In a study consisting of 180 participants, within the range of 17 to 45 years of age, it was found that those with higher ADHD traits were more likely to have experienced insomnia.
Conducted by Karolinska Institutet and released in Biological Psychiatry: Cognitive Science and Neuroimaging, the study included only participants with no past diagnosis of ADHD.
The participants were split into two groups, one of which slept with no disturbances, while the other group was deprived of sleep throughout the course of the study.
Following a night of either full sleep or sleep deprivation, tests were given to assess executive functions and emotional control among the participants.
The participants with high ADHD traits, researchers noticed, were more likely to have experienced sleep deprivation, greatly impairing performance in experimental tasks given during assessments.

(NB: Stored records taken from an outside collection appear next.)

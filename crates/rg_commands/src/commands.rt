//! Which command is asked for, and its answer (docs/promises.md, "The headline").

ghost use Rattle.std.specs.Prelude.{◌≡◌, ◌≤◌, ℕ, List, false};
ghost use Rattle.rg_tree.specs.Rows.RowTrees.{program_of};
ghost use Rattle.rg_io.specs.Content.{Rose};
ghost use Rattle.rg_io.specs.Files.{BegunAre};
ghost use Rattle.rg_run.specs.Asked.{SameTuned, both};
ghost use Rattle.rg_words.specs.Commands.{origin_of, opens_file, reads_input, is_slide};
ghost use Rattle.rg_words.specs.Commands.{runs_on, is_scheduled};
ghost use Rattle.rg_words.specs.Requests.{command_of, command_for, AsksWithin, TaskWithin};
ghost use Rattle.rg_words.specs.Answers.{ForInput};
ghost use Rattle.rg_sources.specs.Sources.{Sources, spelt, MeansFrom};
ghost use Rattle.rg_sources.specs.Brings.{Serves};
ghost use Rattle.rg_sources.specs.Opens.{Opens};
ghost use Rattle.rg_commands.specs.Settled.{Tunes, Chooses};
ghost use Rattle.rg_commands.specs.Setting.{IsUnused, IsLent, SlidesTo, DoesIn};
ghost use Rattle.rg_commands.specs.Setting.{DoesCommandIn, CausedIn, ReportedOf};
ghost use Rattle.rg_commands.specs.Tallies.{SayYesOf};

use crate::check::check_program;
use crate::code::list_program;
use crate::format::format_program;
use crate::pack::pack_program;
use crate::plain::plain_program;
use crate::setting::Setting;
use rg_io::{Files, Sink, Source};
use rg_pace::Pacer;
use rg_sources::program_from;
use rg_tree::Program;
use rg_words::{Request, Status, Task};

impl<O: Sink, R: Sink> Setting<'_, O, R> {
    /// Does what is asked for with its program.
    fn answer_program<I: Source>(
        &mut self,
        request: Request<'_>,
        program: Program,
        input: &mut I,
        count: &mut dyn Pacer,
        trace: &mut dyn Pacer,
    ) -> Status
        requires unused { IsUnused self.old }
        requires program { Serves (command_of request) (program_of program) }
        ensures settles { (source : Sources) →
            MeansFrom (origin_of (command_of request.entry)) source (spelt (program_of program)) →
            ForInput (I.left input.old) (λ bytes.
            DoesIn O.taken (command_of request.entry) source bytes result
            self.old self.new (input.new ≡ input.old)
            (tally count.old) (tally count.new) (tally trace.old) (tally trace.new)) }
        ensures reads_nothing { reads_input (command_of request.entry) ≡ false →
            input.new ≡ input.old }
        ensures notes { ReportedOf R.taken (command_of request.entry) result self.old self.new }
        ensures tuned { Tunes (command_of request.entry) self.new.machine.now
            (tally count.new).tuned (tally trace.new).tuned }
        ensures untuned { runs_on (command_of request.entry) ≡ false →
            SameTuned (both (tally count.old) (tally trace.old))
            (both (tally count.new) (tally trace.new)) }
        ensures yeses { SayYesOf self.new.machine.now
            (tally count.old) (tally count.new) (tally trace.old) (tally trace.new) }
        ensures caused { CausedIn O.faults R.faults result (I.faults input.old) (I.faults input.new)
            self.old self.new }
        ensures kept { IsLent self.old self.new
            × SlidesTo (is_slide (command_of request.entry)) self.new }
    {
        let alloc = self.alloc;
        match request {
            Request::Run { options, .. } => self.run_program(program, options, input, count, trace),
            Request::Plain { steps, .. } => plain_program(alloc, program, steps, input, self.out),
            Request::Format { .. } => format_program(alloc, &program, self.out),
            Request::Check { .. } => check_program(alloc, program, self.out),
            Request::Code { .. } => list_program(alloc, program, self.out),
            Request::Pack { .. } => pack_program(alloc, program, self.out),
            Request::Bulk { size } => self.bulk_program(program, size, count, trace),
        }
    }

    /// Reads a program or generates it, and does what is asked for with it.
    fn answer_request<F: Files, I: Source>(
        &mut self,
        request: Request<'_>,
        files: &mut F,
        input: &mut I,
        count: &mut dyn Pacer,
        trace: &mut dyn Pacer,
    ) -> Status
        requires unused { IsUnused self.old }
        requires within { AsksWithin request }
        ensures settles { DoesCommandIn O.taken (F.told files.old) (command_of request.entry)
            (I.left input.old) result self.old self.new (input.new ≡ input.old)
            (tally count.old) (tally count.new) (tally trace.old) (tally trace.new) }
        ensures opened { BegunAre (Opens (F.told files.old)
            (origin_of (command_of request.entry))) (F.begun files.old) (F.begun files.new) }
        ensures files_unread { opens_file (command_of request.entry) ≡ false →
            files.new ≡ files.old }
        ensures reads_nothing { reads_input (command_of request.entry) ≡ false →
            input.new ≡ input.old }
        ensures notes { ReportedOf R.taken (command_of request.entry) result self.old self.new }
        ensures tuned { Tunes (command_of request.entry) self.new.machine.now
            (tally count.new).tuned (tally trace.new).tuned }
        ensures untuned { runs_on (command_of request.entry) ≡ false →
            SameTuned (both (tally count.old) (tally trace.old))
            (both (tally count.new) (tally trace.new)) }
        ensures slides { Chooses (command_of request.entry) self.new.machine.now }
        ensures yeses { SayYesOf self.new.machine.now
            (tally count.old) (tally count.new) (tally trace.old) (tally trace.new) }
        ensures source_fault { result ≡ Status.SourceFault →
            Rose (F.faults files.old) (F.faults files.new) }
        ensures files_never_fall { F.faults files.old ≤ F.faults files.new }
        ensures caused { CausedIn O.faults R.faults result (I.faults input.old) (I.faults input.new)
            self.old self.new }
        ensures lent { IsLent self.old self.new }
    {
        match program_from(self.alloc, request, files) {
            Err(status) => status,
            Ok(program) => self.answer_program(request, program, input, count, trace),
        }
    }

    /// Does what the words ask for.
    pub fn answer<F: Files, I: Source>(
        &mut self,
        task: Task<'_>,
        files: &mut F,
        input: &mut I,
        count: &mut dyn Pacer,
        trace: &mut dyn Pacer,
    ) -> Status
        requires unused { IsUnused self.old }
        requires within { TaskWithin task }
        ensures settles { DoesCommandIn O.taken (F.told files.old) (command_for task.entry)
            (I.left input.old) result self.old self.new (input.new ≡ input.old)
            (tally count.old) (tally count.new) (tally trace.old) (tally trace.new) }
        ensures opened { BegunAre (Opens (F.told files.old) (origin_of (command_for task.entry)))
            (F.begun files.old) (F.begun files.new) }
        ensures files_unread { opens_file (command_for task.entry) ≡ false →
            files.new ≡ files.old }
        ensures reads_nothing { reads_input (command_for task.entry) ≡ false →
            input.new ≡ input.old }
        ensures notes { ReportedOf R.taken (command_for task.entry) result self.old self.new }
        ensures tuned { Tunes (command_for task.entry) self.new.machine.now
            (tally count.new).tuned (tally trace.new).tuned }
        ensures untuned { runs_on (command_for task.entry) ≡ false →
            SameTuned (both (tally count.old) (tally trace.old))
            (both (tally count.new) (tally trace.new)) }
        ensures slides { Chooses (command_for task.entry) self.new.machine.now }
        ensures yeses { is_scheduled (command_for task.entry) ≡ false →
            SayYesOf self.new.machine.now
            (tally count.old) (tally count.new) (tally trace.old) (tally trace.new) }
        ensures source_fault { result ≡ Status.SourceFault →
            Rose (F.faults files.old) (F.faults files.new) }
        ensures files_never_fall { F.faults files.old ≤ F.faults files.new }
        ensures caused { CausedIn O.faults R.faults result (I.faults input.old) (I.faults input.new)
            self.old self.new }
        ensures lent { IsLent self.old self.new }
    {
        match task {
            Task::OfProgram(request) => self.answer_request(request, files, input, count, trace),
            Task::OfModule { file, options } => {
                self.answer_module(file, options, files, input, count, trace)
            }
            Task::OfPlan { file, plan, keep } => {
                self.answer_plan(file, plan, keep, files, input, count, trace)
            }
        }
    }
}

“Our findings suggest that sleep deprivation affects cognitive conflict variability and that less stable performance in executive functioning may surface after sleep loss in vulnerable individuals characterized by subclinical symptoms of inattention,” according to the study’s authors.
“In conclusion, this study indicates that phenotypes with subclinical ADHD and emotional instability symptoms can help explain why some individuals show cognitive impairments after sleep loss, whereas others are hardly affected—a question that has not yet been resolved.”
The study was authored by Orestis Floros, John Axelsson, Rita Almedia, Lars Tigerströma, Mats Lekanderabc, Tina Sundelin, and Predrag Petrovic.